The grammar for representing fieldpaths is described in VirtualFieldPath.g4, and processed using ANTLR library. The code for parsing, semantic analysis and enforcement corresponding to this grammar is present in com.linkedin.dataguard.runtime.fieldpaths.virtual module.

A non-trivial number of field paths in LinkedIn's data catalog exist in a slightly different and less expressive legacy language. This module also contains code for processing those fieldpaths under TMSPath.g4. The code for processing the legacy field paths is in com.linkedin.dataguard.runtime.fieldpaths.tms module.

Transport Modules

Enforcement code leverages the generic type system (StdType and StdData objects) defined in transport library in order to implement the engine-agnostic enforcement logic. This common code is then leveraged in engine-specific UDFs, by providing engine-specific implementations for the generic objects.

However, the implementation in transport library has some gaps, e.g. the objects are non-nullable. It also lacks APIs (e.g. FormatSpecificTypeDataProvider) relevant for enforcement, and restricts the ability to perform optimizations. So we extend the implementations in modules under transport/ directory to modify the transport implementations and add APIs as needed.

  • dataguard-transport-common: Defines common APIs to be used in enforcement
  • dataguard-transport-java: A Java implementation for transport API, useful for testing enforcement code in a type-agnostic way
  • dataguard-transport-spark: extension of Spark type-system implementation from transport library
  • dataguard-transport-trino: extension of Trino type-system implementation from transport library

Extensions

The extensions/ directory contains engine-specific implementations of enforcement code.

Spark

Contains the following UDFs to perform enforcement:

As described in the [Core Modules](#Core Modules) section, LinkedIn's metadata ecosystem contains fieldpaths in two languages, one of them being legacy, and less expressive. The two UDFs implement redaction logic corresponding to the fieldpaths represented in the two languages. But they can be combined into a single UDF as described in the accompanying VLDB submission.
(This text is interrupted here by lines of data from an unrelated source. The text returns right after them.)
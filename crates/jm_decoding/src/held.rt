//! Rows of held.

ghost use Rattle.std.specs.Prelude.{◌≡◌, ◌≤◌, pos, IfOk, IfErr};
ghost use Rattle.jm_machine.specs.Rows.{greatest_count};
ghost use Rattle.jm_decoding.specs.declared.fault.RowFault.TheVariants.{Damaged};
ghost use Rattle.sqlite_value.specs.declared.value.Value.TheVariants as value;
ghost use Rattle.sqlite_value.specs.Order.{column};
ghost use Rattle.jm_decoding.specs.Decoded.{IsHeldOf, IsFaultOfRow};
ghost use Rattle.jm_decoding.specs.Readable.{IsCountIn, IsReadableHeld};

use crate::columns::{natural_at, number_at};
use crate::fault::RowFault;
use crate::key::key_of;
use jm_dest::Key;
use sqlite::Row;
use std::alloc::Global;

/// The greatest count of deliveries (ours).
const GREATEST_COUNT: u32 = 2_147_483_647;

/// What a row of held stands for.
#[derive(Debug, Drop)]
pub struct HeldRow {
    /// The queue or the durable subscription that holds the message.
    pub key: Key,
    /// The place of the message, from 0 to 9,223,372,036,854,775,807.
    pub place: u64,
    /// How often the message was delivered there, from 0 to 2,147,483,647.
    pub count: u32,
}

/// The count of deliveries in the column. `Damaged` exactly where it is none from 0 to 2,147,483,647. Takes no memory.
fn count_at(row: &Row, at: usize) -> Result<u32, RowFault>
    ensures ok { IfOk result (λ count. column row.now at ≡ value.Int (pos count)) }
    ensures within { IfOk result (λ count. count ≤ greatest_count) }
    ensures err { IfErr result (λ fault. (fault ≡ Damaged) × ¬ IsCountIn (column row.now at)) }
{
    match u32::try_from(number_at(row, at)?) {
        Ok(count) if count <= GREATEST_COUNT => Ok(count),
        _ => Err(RowFault::Damaged),
    }
}

/// What the row stands for, which has the columns of held at their indexes in the tree of the table (ours): family, client, name,
/// place and deliveries from 1 to 5. `Damaged` where a column is not of its kind, the first three are no key of a row of station,
/// place is negative, or deliveries are not from 0 to 2,147,483,647; `Memory` where a request for memory was refused, which may
/// come in place of a damage of the name alone.
pub fn held_of(alloc: Global, row: &Row) -> Result<HeldRow, RowFault>
    ensures ok { IfOk result (IsHeldOf row.now) }
    ensures err { IfErr result (IsFaultOfRow (IsReadableHeld row.now)) }
{
    let place = natural_at(row, 4)?;
    let count = count_at(row, 5)?;
    let key = key_of(alloc, row)?;
    Ok(HeldRow { key, place, count })
}
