//! All rows of a table, in their order.

ghost use Rattle.std.specs.Prelude.{OnOk, IfOk, IfErr};
ghost use Rattle.sqlite_value.specs.Order.{Row as SqlRow};
ghost use Rattle.jm_decoding.specs.Decoded.{IsFaultOfRow, IsStationOf, IsMessageOf, IsHeldOf, IsDelayOf};
ghost use Rattle.jm_decoding.specs.Readable.{IsReadableStation, IsReadableMessage, IsReadableHeld, IsReadableDelay};
ghost use Rattle.jm_decoding.specs.Tables.{StandFor, IsFaultOfTable};

use crate::delay::{DelayRow, delay_of};
use crate::fault::{RowFault, TableFault};
use crate::held::{HeldRow, held_of};
use crate::message::{MessageRow, message_of};
use crate::station::{StationRow, station_of};
use sqlite::Row;
use std::alloc::Global;

/// What a row of one table stands for.
trait Decode: Drop {
    /// It is a row of the table that may be read.
    ghost is_readable: { SqlRow → Type 0 };

    /// The row stands for the value.
    ghost stands_for: { SqlRow → Self → Type 0 };

    /// What the row stands for. `Damaged` where it may not be read; `Memory` where a request for memory was refused.
    fn decode(alloc: Global, row: &Row) -> Result<Self, RowFault>
        ensures ok { IfOk result (stands_for row.now) }
        ensures readable { OnOk result (is_readable row.now) }
        ensures err { IfErr result (IsFaultOfRow (is_readable row.now)) };
}

impl Decode for StationRow {
    ghost use Rattle.jm_decoding.specs.Decoded.{IsStationOf};
    ghost use Rattle.jm_decoding.specs.Readable.{IsReadableStation};

    ghost is_readable = { IsReadableStation };

    ghost stands_for = { IsStationOf };

    fn decode(alloc: Global, row: &Row) -> Result<StationRow, RowFault> {
        station_of(alloc, row)
    }
}

impl Decode for MessageRow {
    ghost use Rattle.jm_decoding.specs.Decoded.{IsMessageOf};
    ghost use Rattle.jm_decoding.specs.Readable.{IsReadableMessage};

    ghost is_readable = { IsReadableMessage };

    ghost stands_for = { IsMessageOf };

    fn decode(alloc: Global, row: &Row) -> Result<MessageRow, RowFault> {
        message_of(alloc, row)
    }
}

impl Decode for HeldRow {
    ghost use Rattle.jm_decoding.specs.Decoded.{IsHeldOf};
    ghost use Rattle.jm_decoding.specs.Readable.{IsReadableHeld};

    ghost is_readable = { IsReadableHeld };

    ghost stands_for = { IsHeldOf };

    fn decode(alloc: Global, row: &Row) -> Result<HeldRow, RowFault> {
        held_of(alloc, row)
    }
}

impl Decode for DelayRow {
    ghost use Rattle.jm_decoding.specs.Decoded.{IsDelayOf};
    ghost use Rattle.jm_decoding.specs.Readable.{IsReadableDelay};

    ghost is_readable = { IsReadableDelay };

    ghost stands_for = { IsDelayOf };

    fn decode(_: Global, row: &Row) -> Result<DelayRow, RowFault> {
        delay_of(row)
    }
}

/// What the rows stand for, in their order.
fn decoded<T: Decode>(alloc: Global, rows: &[Row]) -> Result<Vec<T>, TableFault>
    ensures ok { IfOk result (λ decoded. StandFor T.stands_for rows.now decoded.items) }
    ensures err { IfErr result (IsFaultOfTable T.is_readable rows.now) }
{
    let mut decoded = Vec::new(alloc);
    for (at, row) in rows.iter().enumerate() {
        match T::decode(alloc, row) {
            Ok(value) => decoded.push(value)?,
            Err(RowFault::Damaged) => return Err(TableFault::Damaged(at as u64)),
            Err(RowFault::Memory) => return Err(TableFault::Memory),
        }
    }
    Ok(decoded)
}

/// What the rows of station stand for, each as `station_of` says, in their order. `Damaged` with the index of the first row that
/// may not be read; `Memory` where a request for memory was refused, which may come in place of a damage that was not found yet.
pub fn decode_stations(alloc: Global, rows: &[Row]) -> Result<Vec<StationRow>, TableFault>
    ensures ok { IfOk result (λ stations. StandFor IsStationOf rows.now stations.items) }
    ensures err { IfErr result (IsFaultOfTable IsReadableStation rows.now) }
{
    decoded(alloc, rows)
}

/// What the rows of message stand for, each as `message_of` says, in their order. `Damaged` with the index of the first row that
/// may not be read; `Memory` where a request for memory was refused, which may come in place of a damage that was not found yet.
pub fn decode_messages(alloc: Global, rows: &[Row]) -> Result<Vec<MessageRow>, TableFault>
    ensures ok { IfOk result (λ messages. StandFor IsMessageOf rows.now messages.items) }
    ensures err { IfErr result (IsFaultOfTable IsReadableMessage rows.now) }
{
    decoded(alloc, rows)
}

/// What the rows of held stand for, each as `held_of` says, in their order. `Damaged` with the index of the first row that may
/// not be read; `Memory` where a request for memory was refused, which may come in place of a damage that was not found yet.
pub fn decode_held(alloc: Global, rows: &[Row]) -> Result<Vec<HeldRow>, TableFault>
    ensures ok { IfOk result (λ held. StandFor IsHeldOf rows.now held.items) }
    ensures err { IfErr result (IsFaultOfTable IsReadableHeld rows.now) }
{
    decoded(alloc, rows)
}

/// What the rows of delayed stand for, each as `delay_of` says, in their order. `Damaged` with the index of the first row that
/// may not be read; `Memory` where a request for memory was refused, which may come in place of a damage that was not found yet.
pub fn decode_delays(alloc: Global, rows: &[Row]) -> Result<Vec<DelayRow>, TableFault>
    ensures ok { IfOk result (λ delays. StandFor IsDelayOf rows.now delays.items) }
    ensures err { IfErr result (IsFaultOfTable IsReadableDelay rows.now) }
{
    decoded(alloc, rows)
}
Note that for implementing the UDFs, we use the Expression API in Spark. This lets us define generic enforcement UDFs where input and output column types do not need to be pre-defined, as opposed to the Scalar UDF API. The other approach for defining such generic UDFs is Hive GenericUDF API, but we go with the Spark native imlementation to avoid overhead associated with data conversion between Hive<->Spark during UDF execution.

Trino

For Trino UDF implementation, the plugin SPI is used. The implementation can be found in RedactFieldIf.java. Note that we only implement the UDF for one of the two languages, since all Trino usecases for policy enforcement so far have been limited to datasets with metadata defined using only one of those languages.

Benchmarking

Microbechmarking

The dataguard-enforcement-udfs-microbenchmark module contains micro-benchmarking code and scenarios implemented using the JMH framework.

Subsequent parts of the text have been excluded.